— MATERIALS PROVIDED —
********************
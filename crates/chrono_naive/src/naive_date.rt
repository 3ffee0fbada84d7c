//! `NaiveDate`: a date with no time zone.
//!
//! This file has the type, its ends, and how a date is named and numbered. The modules below it have the rest:
//!
//! - `fields`: reading the fields, and replacing them
//! - `order`: comparing dates
//! - `moves`: moves, differences, weeks and iterators
//! - `months`: the ends of the date's month
//! - `ops`: the operators
//! - `text`: the printed text
ghost use Rattle.std.specs.Prelude.{◌≡◌, ◌↔◌, ◌+◌, ◌-◌, ◌*◌, ◌≤◌, ◌<◌, ℤ, pos, neg_ℤ, ◌+ℤ◌, ◌-ℤ◌, ◌<ℤ◌, ◌≤ℤ◌, length, Some, IsSome, IfSome};
ghost use Rattle.std.specs.Int.{IsInRange};
ghost use Rattle.chrono_units.specs.Years.{IsYear, is_leap_year};
ghost use Rattle.chrono_units.specs.Weekday.{number_from_monday};
ghost use Rattle.chrono_units.specs.declared.weekday.Weekday.TheVariants.{Mon};
ghost use Rattle.chrono_calendar.specs.Days.{IsDate, IsCalendarName, IsOrdinalName, date_of_day, date_of_yo, date_of_ymd, year_of, ordinal_of, month_of, day_of};
ghost use Rattle.chrono_calendar.specs.Weeks.{date_of_iso, date_of_nth_weekday, day_number_of_iso, days_with_weekday, iso_year_of, iso_week_of, weekday_of};
ghost use Rattle.chrono_calendar.specs.Flags.{IsIsoWeek, weeks_of_iso_year};
ghost use Rattle.chrono_naive.specs.Fields.{unix_epoch_day};

mod fields;
mod months;
mod moves;
mod ops;
mod order;
mod text;

use chrono_calendar::{DayForm, Steps, forms};
use chrono_units::Weekday;
use std::marker::Model;

// The form in which every date is stored.
type Form = chrono_stored::CountedForm;

// The day number of 1 January 1970.
const UNIX_EPOCH_DAY: i32 = 719_163;

/// The first date, [`NaiveDate::MIN`].
///
/// ```
/// MIN_DATE // -262143-01-01
/// ```
pub const MIN_DATE: NaiveDate = NaiveDate::MIN;

/// The last date, [`NaiveDate::MAX`].
///
/// ```
/// MAX_DATE // +262142-12-31
/// ```
pub const MAX_DATE: NaiveDate = NaiveDate::MAX;

/// A date of the proleptic Gregorian calendar, with no time zone, from -262143-01-01 to +262142-12-31. As in
/// ISO 8601, year 0 is the year before year 1.
///
/// Contracts see a date as its day number, in which 1 January of year 1 is 1. Dates are equal, ordered and
/// hashed as that number. The default is 1 January 1970.
#[derive(Clone, Copy, PartialEq, Eq, Hash)]
pub struct NaiveDate {
    form: Form,
}

impl Model for NaiveDate {
    ghost use Rattle.std.specs.Prelude.{ℤ};

    ghost Value = { ℤ };

    ghost view = { λ d. d.form };

    ghost inverse = { λ n. record { form = n } };
}

impl NaiveDate {
    /// The first date: 1 January of year -262,143, a Thursday.
    ///
    /// ```
    /// NaiveDate::MIN // -262143-01-01
    /// ```
    pub const MIN: NaiveDate = NaiveDate { form: Form::MIN };

    /// The last date: 31 December of year 262,142, a Monday.
    ///
    /// ```
    /// NaiveDate::MAX // +262142-12-31
    /// ```
    pub const MAX: NaiveDate = NaiveDate { form: Form::MAX };

    /// Returns the date with this calendar name (ISO 8601 calendar date).
    ///
    /// Returns `None` if the date does not exist. A year is from -262,143 to 262,142, a month is from 1 to 12,
    /// and a day is from 1 to the month's last day.
    ///
    /// ```
    /// NaiveDate::from_ymd_opt(2024, 2, 29) // Some(2024-02-29)
    /// NaiveDate::from_ymd_opt(1900, 2, 29) // None
    /// ```
    #[inline]
    pub fn from_ymd_opt(year: i32, month: u32, day: u32) -> Option<NaiveDate>
        ensures date { result ≡ date_of_ymd year month day }
        ensures exists { IsSome result ↔ (IsYear year × IsCalendarName year month day) }
        // The date has that name.
        ensures year { IfSome result (λ e. year_of e ≡ year) }
        ensures month { IfSome result (λ e. month_of e ≡ month) }
        ensures day { IfSome result (λ e. day_of e ≡ day) }
    {
        Some(NaiveDate {
            form: Form::from_ymd(year, month, day)?,
        })
    }

    /// Returns the day `ordinal` of `year` (ISO 8601 ordinal date). 1 January is 1.
    ///
    /// Returns `None` if the date does not exist. A year is from -262,143 to 262,142, and an ordinal is from 1
    /// to the number of days in the year.
    ///
    /// ```
    /// NaiveDate::from_yo_opt(2024, 366) // Some(2024-12-31)
    /// NaiveDate::from_yo_opt(2023, 366) // None
    /// ```
    #[inline]
    pub fn from_yo_opt(year: i32, ordinal: u32) -> Option<NaiveDate>
        ensures date { result ≡ date_of_yo year ordinal }
        ensures exists { IsSome result ↔ (IsYear year × IsOrdinalName year ordinal) }
        // The date has that name.
        ensures year { IfSome result (λ e. year_of e ≡ year) }
        ensures ordinal { IfSome result (λ e. ordinal_of e ≡ ordinal) }
    {
        Some(NaiveDate {
            form: Form::from_yo(year, ordinal)?,
        })
    }

    /// Returns the date with this ISO year, week and weekday (ISO 8601 week date).
    ///
    /// Returns `None` if the week is 0 or is past the last week of the ISO year, which is 52 or 53. Also
    /// returns `None` if the day is before [`MIN`](Self::MIN) or after [`MAX`](Self::MAX).
    ///
    /// The ISO year can be 262,143, one more than the last year: the Monday of its week 1 is the last date.
    ///
    /// ```
    /// NaiveDate::from_isoywd_opt(2020, 53, Weekday::Sun) // Some(2021-01-03)
    /// NaiveDate::from_isoywd_opt(2021, 53, Weekday::Mon) // None
    /// ```
    #[inline]
    pub fn from_isoywd_opt(year: i32, week: u32, weekday: Weekday) -> Option<NaiveDate>
        ensures date { result ≡ date_of_iso year week weekday }
        ensures exists { IsSome result ↔ (IsIsoWeek year week
            × IsDate (day_number_of_iso year week (number_from_monday weekday))) }
        // Of all ISO years but the first and the last that dates have, each day is a date.
        ensures inside { neg_ℤ (pos 262_143) <ℤ year → year <ℤ pos 262_143 → IsIsoWeek year week →
            IsSome result }
        ensures weeks { IsInRange 52 53 (weeks_of_iso_year year) }
        // The Monday of week 1 is the first day of the ISO year.
        ensures first { week ≡ 1 → weekday ≡ Mon →
            IfSome result (λ e. (d : ℤ) → iso_year_of d ≡ year → e ≤ℤ d) }
        // The day before that Monday is of the ISO year before.
        ensures before { week ≡ 1 → weekday ≡ Mon →
            IfSome result (λ e. iso_year_of (e -ℤ pos 1) ≡ year -ℤ pos 1) }
        // Of the ISO years that dates have, only the first has no such date.
        ensures first_exists { week ≡ 1 → weekday ≡ Mon →
            IsSome result ↔ ((neg_ℤ (pos 262_143) <ℤ year) × (year ≤ℤ pos 262_143)) }
        // The date has that name.
        ensures year { IfSome result (λ e. iso_year_of e ≡ year) }
        ensures week { IfSome result (λ e. iso_week_of e ≡ week) }
        ensures weekday { IfSome result (λ e. weekday_of e ≡ weekday) }
    {
        Some(NaiveDate {
            form: forms::from_iso(year, week, weekday)?,
        })
    }

    /// Returns the `n`-th `weekday` of the month, counted from 1.
    ///
    /// Returns `None` if `n` is 0 or the month has fewer such days. Also returns `None` if the month is not
    /// from 1 to 12, or the year is not from -262,143 to 262,142.
    ///
    /// ```
    /// NaiveDate::from_weekday_of_month_opt(2024, 2, Weekday::Thu, 5) // Some(2024-02-29)
    /// NaiveDate::from_weekday_of_month_opt(2024, 2, Weekday::Fri, 5) // None
    /// ```
    #[inline]
    pub fn from_weekday_of_month_opt(
        year: i32,
        month: u32,
        weekday: Weekday,
        n: u8,
    ) -> Option<NaiveDate>
        ensures date { result ≡ date_of_nth_weekday year month weekday n }
        ensures exists { IsSome result ↔ (IsYear year × IsInRange 1 12 month
            × IsInRange 1 (length (days_with_weekday year month weekday)) n) }
        // Each month has four days with each weekday.
        ensures first_four { IsYear year → IsInRange 1 12 month → IsInRange 1 4 n → IsSome result }
        ensures year { IfSome result (λ e. year_of e ≡ year) }
        ensures month { IfSome result (λ e. month_of e ≡ month) }
        ensures weekday { IfSome result (λ e. weekday_of e ≡ weekday) }
        // It is one of the n-th seven days of the month.
        ensures after { IfSome result (λ e. 7 * (n - 1) < day_of e) }
        ensures up_to { IfSome result (λ e. day_of e ≤ 7 * n) }
        // The one day of those seven that has the weekday is the result.
        ensures only { (e : ℤ) → IsYear year → year_of e ≡ year → month_of e ≡ month →
            weekday_of e ≡ weekday → 7 * (n - 1) < day_of e → day_of e ≤ 7 * n →
            result ≡ Some e }
    {
        Some(NaiveDate {
            form: forms::nth_weekday(year, month, weekday, n)?,
        })
    }

    /// Returns the date with the day number `days`, in which 1 January of year 1 is 1.
    ///
    /// Returns `None` if `days` is not from -95,746,129 to 95,745,399.
    ///
    /// ```
    /// NaiveDate::from_num_days_from_ce_opt(719_163) // Some(1970-01-01)
    /// NaiveDate::from_num_days_from_ce_opt(95_745_400) // None
    /// ```
    #[inline]
    pub fn from_num_days_from_ce_opt(days: i32) -> Option<NaiveDate>
        ensures date { result ≡ date_of_day days }
        ensures exists { IsSome result ↔ IsDate days }
        ensures number { IfSome result (λ e. e ≡ days) }
    {
        let mut steps = Steps::new();
        let date = NaiveDate::from_num_days_from_ce_counted(days, &mut steps);
        steps.end();
        date
    }

    /// Returns the date with the day number `days`, as
    /// [`from_num_days_from_ce_opt`](Self::from_num_days_from_ce_opt) does, and counts the steps in `steps`. It
    /// takes no step, whether the date exists or not.
    ///
    /// ```
    /// use chrono_calendar::Steps;
    /// let mut steps = Steps::new();
    /// let date = NaiveDate::from_num_days_from_ce_counted(719_163, &mut steps);
    /// steps.end();
    /// date // Some(1970-01-01)
    /// ```
    #[inline]
    pub fn from_num_days_from_ce_counted(days: i32, steps: &mut Steps) -> Option<NaiveDate>
        ensures date { result ≡ date_of_day days }
        // No step is taken: what is stored is found without a table.
        ensures taken { steps.new ≡ steps.old }
        ensures kept { steps.old ≤ steps.new }
        ensures cost { steps.new ≤ steps.old + 3 }
    {
        Some(NaiveDate {
            form: Form::from_day(days, steps)?,
        })
    }

    /// Returns the date `days` days after 1 January 1970, or before it if `days` is negative.
    ///
    /// Returns `None` if `days` is not from -96,465,292 to 95,026,236.
    ///
    /// ```
    /// NaiveDate::from_epoch_days(1) // Some(1970-01-02)
    /// NaiveDate::from_epoch_days(-1) // Some(1969-12-31)
    /// NaiveDate::from_epoch_days(95_026_237) // None
    /// ```
    #[inline]
    pub fn from_epoch_days(days: i32) -> Option<NaiveDate>
        ensures date { result ≡ date_of_day (days +ℤ unix_epoch_day) }
        ensures exists { IsSome result ↔ IsDate (days +ℤ unix_epoch_day) }
        ensures number { IfSome result (λ e. e ≡ days +ℤ unix_epoch_day) }
        // The days from 1 January 1970 to the answer are the number again.
        ensures back { IfSome result (λ e. e -ℤ unix_epoch_day ≡ days) }
    {
        NaiveDate::from_num_days_from_ce_opt(days.checked_add(UNIX_EPOCH_DAY)?)
    }

    /// Returns the number of days from 1 January 1970 to this date, negative for an earlier date.
    ///
    /// ```
    /// NaiveDate::from_ymd_opt(2000, 1, 1)?.to_epoch_days() // 10957
    /// ```
    #[inline]
    pub fn to_epoch_days(&self) -> i32
        ensures { result ≡ self.now -ℤ unix_epoch_day }
    {
        self.day_number() - UNIX_EPOCH_DAY
    }

    // The day number.
    #[inline]
    pub(crate) fn day_number(&self) -> i32
        ensures value { result ≡ self.now }
        ensures in_range { IsDate result }
    {
        self.form.day()
    }

    /// Returns whether the year of the date is a leap year.
    ///
    /// ```
    /// NaiveDate::from_ymd_opt(2000, 1, 1)?.leap_year() // true
    /// NaiveDate::from_ymd_opt(1900, 1, 1)?.leap_year() // false
    /// ```
    #[inline]
    pub fn leap_year(&self) -> bool
        ensures { result ≡ is_leap_year (year_of self.now) }
    {
        self.form.is_leap()
    }
}

impl Default for NaiveDate {
    ghost is_default = { λ d. d ≡ unix_epoch_day };

    /// Returns 1 January 1970.
    #[inline]
    fn default() -> NaiveDate {
        NaiveDate::from_num_days_from_ce_opt(UNIX_EPOCH_DAY).unwrap()
    }
}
********************
— DIRECTIONS —
Tally up the lines above containing "moves"; the number is the full answer.

— RESPONSE TO THIS TASK —
2